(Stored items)
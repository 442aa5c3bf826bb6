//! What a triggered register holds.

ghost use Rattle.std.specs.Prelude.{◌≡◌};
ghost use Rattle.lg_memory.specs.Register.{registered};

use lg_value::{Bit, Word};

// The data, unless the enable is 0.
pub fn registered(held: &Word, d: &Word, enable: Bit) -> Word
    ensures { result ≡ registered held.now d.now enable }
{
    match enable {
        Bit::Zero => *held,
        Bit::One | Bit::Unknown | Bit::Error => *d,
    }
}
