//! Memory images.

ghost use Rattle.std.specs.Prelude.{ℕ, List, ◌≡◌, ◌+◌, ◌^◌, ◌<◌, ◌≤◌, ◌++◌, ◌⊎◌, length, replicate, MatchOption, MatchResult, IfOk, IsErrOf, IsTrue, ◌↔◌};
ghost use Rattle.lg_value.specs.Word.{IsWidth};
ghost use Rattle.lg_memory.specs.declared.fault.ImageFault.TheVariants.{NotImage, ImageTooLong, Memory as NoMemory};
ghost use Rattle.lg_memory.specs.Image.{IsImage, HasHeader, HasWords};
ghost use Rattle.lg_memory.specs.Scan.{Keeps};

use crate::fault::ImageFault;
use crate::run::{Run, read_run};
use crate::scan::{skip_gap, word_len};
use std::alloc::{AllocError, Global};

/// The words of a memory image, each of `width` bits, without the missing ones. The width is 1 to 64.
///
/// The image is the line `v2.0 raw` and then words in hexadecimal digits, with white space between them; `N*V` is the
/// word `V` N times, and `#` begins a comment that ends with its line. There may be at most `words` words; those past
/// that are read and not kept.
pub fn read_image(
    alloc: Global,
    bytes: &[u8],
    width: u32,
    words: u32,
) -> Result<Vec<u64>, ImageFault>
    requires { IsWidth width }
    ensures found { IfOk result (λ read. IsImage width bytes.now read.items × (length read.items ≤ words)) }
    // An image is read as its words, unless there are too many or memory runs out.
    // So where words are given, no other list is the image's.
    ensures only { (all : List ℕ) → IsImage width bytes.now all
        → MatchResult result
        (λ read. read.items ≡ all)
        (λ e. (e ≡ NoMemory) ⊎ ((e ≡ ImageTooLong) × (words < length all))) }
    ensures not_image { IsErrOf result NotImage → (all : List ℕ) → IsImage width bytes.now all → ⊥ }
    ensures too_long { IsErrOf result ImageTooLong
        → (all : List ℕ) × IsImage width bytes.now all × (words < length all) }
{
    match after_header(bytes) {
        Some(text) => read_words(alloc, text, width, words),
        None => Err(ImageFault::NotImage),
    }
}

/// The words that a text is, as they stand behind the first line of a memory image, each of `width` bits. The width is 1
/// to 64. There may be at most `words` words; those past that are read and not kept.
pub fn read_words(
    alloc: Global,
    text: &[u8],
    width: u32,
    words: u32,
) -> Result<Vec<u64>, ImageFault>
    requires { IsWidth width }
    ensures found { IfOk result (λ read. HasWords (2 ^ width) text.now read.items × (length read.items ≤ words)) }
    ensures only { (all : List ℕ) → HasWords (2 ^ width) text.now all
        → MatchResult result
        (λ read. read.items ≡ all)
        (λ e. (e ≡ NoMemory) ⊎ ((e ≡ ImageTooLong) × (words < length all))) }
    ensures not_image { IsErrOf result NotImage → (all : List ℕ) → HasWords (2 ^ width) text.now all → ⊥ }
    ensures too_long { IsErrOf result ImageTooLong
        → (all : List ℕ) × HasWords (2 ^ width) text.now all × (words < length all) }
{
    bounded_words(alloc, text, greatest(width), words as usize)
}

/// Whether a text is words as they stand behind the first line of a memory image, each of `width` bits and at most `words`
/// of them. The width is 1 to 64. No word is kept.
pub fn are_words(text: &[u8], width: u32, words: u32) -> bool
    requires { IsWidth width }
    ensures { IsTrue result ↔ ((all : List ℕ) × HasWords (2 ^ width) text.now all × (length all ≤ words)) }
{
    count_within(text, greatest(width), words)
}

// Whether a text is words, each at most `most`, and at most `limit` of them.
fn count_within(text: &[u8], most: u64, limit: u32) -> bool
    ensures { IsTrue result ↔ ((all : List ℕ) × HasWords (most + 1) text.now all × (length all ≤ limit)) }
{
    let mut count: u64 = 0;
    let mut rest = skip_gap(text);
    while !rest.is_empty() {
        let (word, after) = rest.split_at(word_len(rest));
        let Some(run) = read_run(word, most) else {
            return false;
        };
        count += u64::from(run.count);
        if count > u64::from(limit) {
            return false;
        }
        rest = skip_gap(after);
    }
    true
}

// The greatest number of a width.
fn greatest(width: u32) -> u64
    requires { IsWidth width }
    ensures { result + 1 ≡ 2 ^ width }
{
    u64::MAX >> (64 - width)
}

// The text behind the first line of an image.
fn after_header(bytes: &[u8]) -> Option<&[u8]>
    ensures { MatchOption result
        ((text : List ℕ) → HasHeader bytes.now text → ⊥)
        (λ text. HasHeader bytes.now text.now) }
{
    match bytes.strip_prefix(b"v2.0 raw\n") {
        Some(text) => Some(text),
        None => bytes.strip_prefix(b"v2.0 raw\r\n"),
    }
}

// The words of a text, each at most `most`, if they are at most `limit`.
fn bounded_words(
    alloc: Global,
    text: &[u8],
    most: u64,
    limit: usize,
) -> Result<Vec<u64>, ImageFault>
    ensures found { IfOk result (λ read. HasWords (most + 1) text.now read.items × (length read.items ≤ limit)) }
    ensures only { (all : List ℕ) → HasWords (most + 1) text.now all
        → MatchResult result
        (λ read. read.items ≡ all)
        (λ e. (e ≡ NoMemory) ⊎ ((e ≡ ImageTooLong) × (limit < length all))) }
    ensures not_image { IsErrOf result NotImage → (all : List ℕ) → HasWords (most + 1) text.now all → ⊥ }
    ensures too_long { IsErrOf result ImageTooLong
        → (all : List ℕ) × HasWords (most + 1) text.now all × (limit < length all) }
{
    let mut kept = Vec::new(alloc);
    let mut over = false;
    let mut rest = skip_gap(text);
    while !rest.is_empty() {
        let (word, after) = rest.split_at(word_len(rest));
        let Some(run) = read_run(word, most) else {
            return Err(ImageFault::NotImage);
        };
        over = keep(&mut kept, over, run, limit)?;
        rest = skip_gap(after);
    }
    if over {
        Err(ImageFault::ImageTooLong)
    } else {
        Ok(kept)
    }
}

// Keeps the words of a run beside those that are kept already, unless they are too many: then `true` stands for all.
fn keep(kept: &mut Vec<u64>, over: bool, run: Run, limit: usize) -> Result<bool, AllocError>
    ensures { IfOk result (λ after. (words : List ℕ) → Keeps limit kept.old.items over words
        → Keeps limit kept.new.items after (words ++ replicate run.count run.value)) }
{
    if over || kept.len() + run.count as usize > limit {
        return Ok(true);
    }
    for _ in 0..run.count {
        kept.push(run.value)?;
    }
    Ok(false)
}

* Exercise:
Every record must be transcribed exactly as written.

* Response:
repository 442aa5c3bf826bb6
//! What a triggered register holds.

ghost use Rattle.std.specs.Prelude.{◌≡◌};
ghost use Rattle.lg_memory.specs.Register.{registered};

use lg_value::{Bit, Word};

// The data, unless the enable is 0.
pub fn registered(held: &Word, d: &Word, enable: Bit) -> Word
    ensures { result ≡ registered held.now d.now enable }
{
    match enable {
        Bit::Zero => *held,
        Bit::One | Bit::Unknown | Bit::Error => *d,
    }
}
//! Memory images.

ghost use Rattle.std.specs.Prelude.{ℕ, List, ◌≡◌, ◌+◌, ◌^◌, ◌<◌, ◌≤◌, ◌++◌, ◌⊎◌, length, replicate, MatchOption, MatchResult, IfOk, IsErrOf, IsTrue, ◌↔◌};
ghost use Rattle.lg_value.specs.Word.{IsWidth};
ghost use Rattle.lg_memory.specs.declared.fault.ImageFault.TheVariants.{NotImage, ImageTooLong, Memory as NoMemory};
ghost use Rattle.lg_memory.specs.Image.{IsImage, HasHeader, HasWords};
ghost use Rattle.lg_memory.specs.Scan.{Keeps};

use crate::fault::ImageFault;
use crate::run::{Run, read_run};
use crate::scan::{skip_gap, word_len};
use std::alloc::{AllocError, Global};

/// The words of a memory image, each of `width` bits, without the missing ones. The width is 1 to 64.
///
/// The image is the line `v2.0 raw` and then words in hexadecimal digits, with white space between them; `N*V` is the
/// word `V` N times, and `#` begins a comment that ends with its line. There may be at most `words` words; those past
/// that are read and not kept.
pub fn read_image(
    alloc: Global,
    bytes: &[u8],
    width: u32,
    words: u32,
) -> Result<Vec<u64>, ImageFault>
    requires { IsWidth width }
    ensures found { IfOk result (λ read. IsImage width bytes.now read.items × (length read.items ≤ words)) }
    // An image is read as its words, unless there are too many or memory runs out.
    // So where words are given, no other list is the image's.
    ensures only { (all : List ℕ) → IsImage width bytes.now all
        → MatchResult result
        (λ read. read.items ≡ all)
        (λ e. (e ≡ NoMemory) ⊎ ((e ≡ ImageTooLong) × (words < length all))) }
    ensures not_image { IsErrOf result NotImage → (all : List ℕ) → IsImage width bytes.now all → ⊥ }
    ensures too_long { IsErrOf result ImageTooLong
        → (all : List ℕ) × IsImage width bytes.now all × (words < length all) }
{
    match after_header(bytes) {
        Some(text) => read_words(alloc, text, width, words),
        None => Err(ImageFault::NotImage),
    }
}

/// The words that a text is, as they stand behind the first line of a memory image, each of `width` bits. The width is 1
/// to 64. There may be at most `words` words; those past that are read and not kept.
pub fn read_words(
    alloc: Global,
    text: &[u8],
    width: u32,
    words: u32,
) -> Result<Vec<u64>, ImageFault>
    requires { IsWidth width }
    ensures found { IfOk result (λ read. HasWords (2 ^ width) text.now read.items × (length read.items ≤ words)) }
    ensures only { (all : List ℕ) → HasWords (2 ^ width) text.now all
        → MatchResult result
        (λ read. read.items ≡ all)
        (λ e. (e ≡ NoMemory) ⊎ ((e ≡ ImageTooLong) × (words < length all))) }
    ensures not_image { IsErrOf result NotImage → (all : List ℕ) → HasWords (2 ^ width) text.now all → ⊥ }
    ensures too_long { IsErrOf result ImageTooLong
        → (all : List ℕ) × HasWords (2 ^ width) text.now all × (words < length all) }
{
    bounded_words(alloc, text, greatest(width), words as usize)
}

/// Whether a text is words as they stand behind the first line of a memory image, each of `width` bits and at most `words`
/// of them. The width is 1 to 64. No word is kept.
pub fn are_words(text: &[u8], width: u32, words: u32) -> bool
    requires { IsWidth width }
    ensures { IsTrue result ↔ ((all : List ℕ) × HasWords (2 ^ width) text.now all × (length all ≤ words)) }
{
    count_within(text, greatest(width), words)
}

// Whether a text is words, each at most `most`, and at most `limit` of them.
fn count_within(text: &[u8], most: u64, limit: u32) -> bool
    ensures { IsTrue result ↔ ((all : List ℕ) × HasWords (most + 1) text.now all × (length all ≤ limit)) }
{
    let mut count: u64 = 0;
    let mut rest = skip_gap(text);
    while !rest.is_empty() {
        let (word, after) = rest.split_at(word_len(rest));
        let Some(run) = read_run(word, most) else {
            return false;
        };
        count += u64::from(run.count);
        if count > u64::from(limit) {
            return false;
        }
        rest = skip_gap(after);
    }
    true
}

// The greatest number of a width.
fn greatest(width: u32) -> u64
    requires { IsWidth width }
    ensures { result + 1 ≡ 2 ^ width }
{
    u64::MAX >> (64 - width)
}

// The text behind the first line of an image.
fn after_header(bytes: &[u8]) -> Option<&[u8]>
    ensures { MatchOption result
        ((text : List ℕ) → HasHeader bytes.now text → ⊥)
        (λ text. HasHeader bytes.now text.now) }
{
    match bytes.strip_prefix(b"v2.0 raw\n") {
        Some(text) => Some(text),
        None => bytes.strip_prefix(b"v2.0 raw\r\n"),
    }
}

// The words of a text, each at most `most`, if they are at most `limit`.
fn bounded_words(
    alloc: Global,
    text: &[u8],
    most: u64,
    limit: usize,
) -> Result<Vec<u64>, ImageFault>
    ensures found { IfOk result (λ read. HasWords (most + 1) text.now read.items × (length read.items ≤ limit)) }
    ensures only { (all : List ℕ) → HasWords (most + 1) text.now all
        → MatchResult result
        (λ read. read.items ≡ all)
        (λ e. (e ≡ NoMemory) ⊎ ((e ≡ ImageTooLong) × (limit < length all))) }
    ensures not_image { IsErrOf result NotImage → (all : List ℕ) → HasWords (most + 1) text.now all → ⊥ }
    ensures too_long { IsErrOf result ImageTooLong
        → (all : List ℕ) × HasWords (most + 1) text.now all × (limit < length all) }
{
    let mut kept = Vec::new(alloc);
    let mut over = false;
    let mut rest = skip_gap(text);
    while !rest.is_empty() {
        let (word, after) = rest.split_at(word_len(rest));
        let Some(run) = read_run(word, most) else {
            return Err(ImageFault::NotImage);
        };
        over = keep(&mut kept, over, run, limit)?;
        rest = skip_gap(after);
    }
    if over {
        Err(ImageFault::ImageTooLong)
    } else {
        Ok(kept)
    }
}

// Keeps the words of a run beside those that are kept already, unless they are too many: then `true` stands for all.
fn keep(kept: &mut Vec<u64>, over: bool, run: Run, limit: usize) -> Result<bool, AllocError>
    ensures { IfOk result (λ after. (words : List ℕ) → Keeps limit kept.old.items over words
        → Keeps limit kept.new.items after (words ++ replicate run.count run.value)) }
{
    if over || kept.len() + run.count as usize > limit {
        return Ok(true);
    }
    for _ in 0..run.count {
        kept.push(run.value)?;
    }
    Ok(false)
}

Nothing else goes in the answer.